NEAR CROOKSTON, Minn. — Being a farm girl, there’s almost nothing I enjoy more than going for a drive in the country. Recently I ventured out to a lovely spot near Crookston to which I had never been before.
The beauty and anticipated forthcoming bounty of the fields along the way nearly took my breath away. Then it was for sure gone when I gazed upon Ronny Jaeck Reitmeier’s high tunnel tomatoes.
A party began late that afternoon on the very farmstead Ronny’s great-great grandfather purchased in 1919 for Ronny’s great grandfather and his new family. Ronny, the adopted son of John Reitmeier, is the fifth generation caretaker of this land. He says absolutely everything done there is with sustainability as the No. 1 goal.
John Reitmeier threw the party for two reasons: To celebrate his son Ronny’s graduation from the University of Minnesota, Crookston, with a degree in agronomy, and so that all extended members of the Reitmeier family could meet Michael and Debby Terry who were visiting from Charles Town, W. Va.
It may all sound somewhat complicated, but it really isn’t. First of all you should know that adoption is in John Reitmeier’s blood. He and his sister, Jane Reitmeier, were adopted by Willard and Grace Reitmeier now both deceased.
Two years ago I was blessed to be able to help John find his biological roots. We learned his biological mother, Virginia Terry, died in 2001, but that he had a brother (Michael Terry), a sister-in-law (Debby Terry) and two beautiful nieces, Megan and Meredith. In fact, I traveled to Charles Town in April of 2012 to be with John and his sister Jane when they met Michael and Debby for the first time.
Now, Michael and Debby were in Minnesota and with Ronny’s graduation it was time to rejoice with good food, beverages and celebration cake on the patio.
Seated from left: Michael Terry and John Reitmeier. Standing left: Debby Terry and John’s sister Jane Reitmeier
As an organic farmer, Ronny is in his glory. And, does he ever have a story to tell.
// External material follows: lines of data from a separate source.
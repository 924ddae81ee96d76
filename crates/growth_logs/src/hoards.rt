//! Memory that is used up.

use std::alloc::{AllocError, Global};

/// How many blocks a hoard has room for.
const MOST_BLOCKS: usize = 200_000;

/// How many bytes a hoard takes at most: so that it ends where memory does not run out.
const MOST_BYTES: usize = 1 << 28;

/// The sizes of the blocks, one after another.
const SIZES: [usize; 8] = [
    1 << 22,
    1 << 18,
    1 << 14,
    1 << 10,
    1 << 8,
    1 << 6,
    1 << 4,
    1,
];

/// Memory that nobody else gets. Its own room is taken at first.
#[derive(Drop)]
pub struct Hoard {
    blocks: Vec<Vec<u8>>,
    bytes: usize,
}

impl Hoard {
    /// One that has taken nothing.
    pub fn new(alloc: Global) -> Result<Hoard, AllocError> {
        Ok(Hoard {
            blocks: Vec::with_capacity(alloc, MOST_BLOCKS)?,
            bytes: 0,
        })
    }

    /// Takes memory until none is given, and says whether not a byte is given then.
    pub fn take_all(&mut self, alloc: Global) -> bool {
        for size in SIZES {
            self.take(alloc, size);
        }
        let byte: Result<Vec<u8>, AllocError> = Vec::with_capacity(alloc, 1);
        byte.is_err()
    }

    /// Takes blocks of this size until one is refused.
    fn take(&mut self, alloc: Global, size: usize) {
        for _ in 0..MOST_BLOCKS {
            if self.blocks.len() >= MOST_BLOCKS || self.bytes >= MOST_BYTES {
                return;
            }
            let Ok(block) = Vec::with_capacity(alloc, size) else {
                return;
            };
            if self.blocks.push(block).is_err() {
                return;
            }
            self.bytes = self.bytes.saturating_add(size);
        }
    }
}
From Berlin, Germany, Ronny was orphaned as a young child. “I grew up very very poor,” he said. After their parents died, he lived with an older sister. Some years later, John heard about him from a former foreign exchange student. After learning that help was needed on the Reitmeier farm, “God decided it should be me,” Ronny said. “There are no random acts. I had to be brave, too, and I feel so blessed. I never realized my life could turn this way after being orphaned at 11.“
Ronny thoroughly enjoyed showing guests his organic gardens where he is growing carrots, squash, potatoes and corn. He has a high tunnel hot house chock full of tomato plants and is selling his produce to Whitey’s restaurant, East Grand Forks, Sanders 1907 restaurant, Grand Forks, and at area farmers markets.
Check out Ronny’s website at: www.ronny’sfarmtotable.com
It surely was nice being out at the Reitmeier farm and meeting members of John and Jane’s family on both their mothers’ and their fathers’ sides of the family.
I loved seeing Michael and Debby again, too, and I came away totally impressed by Ronny.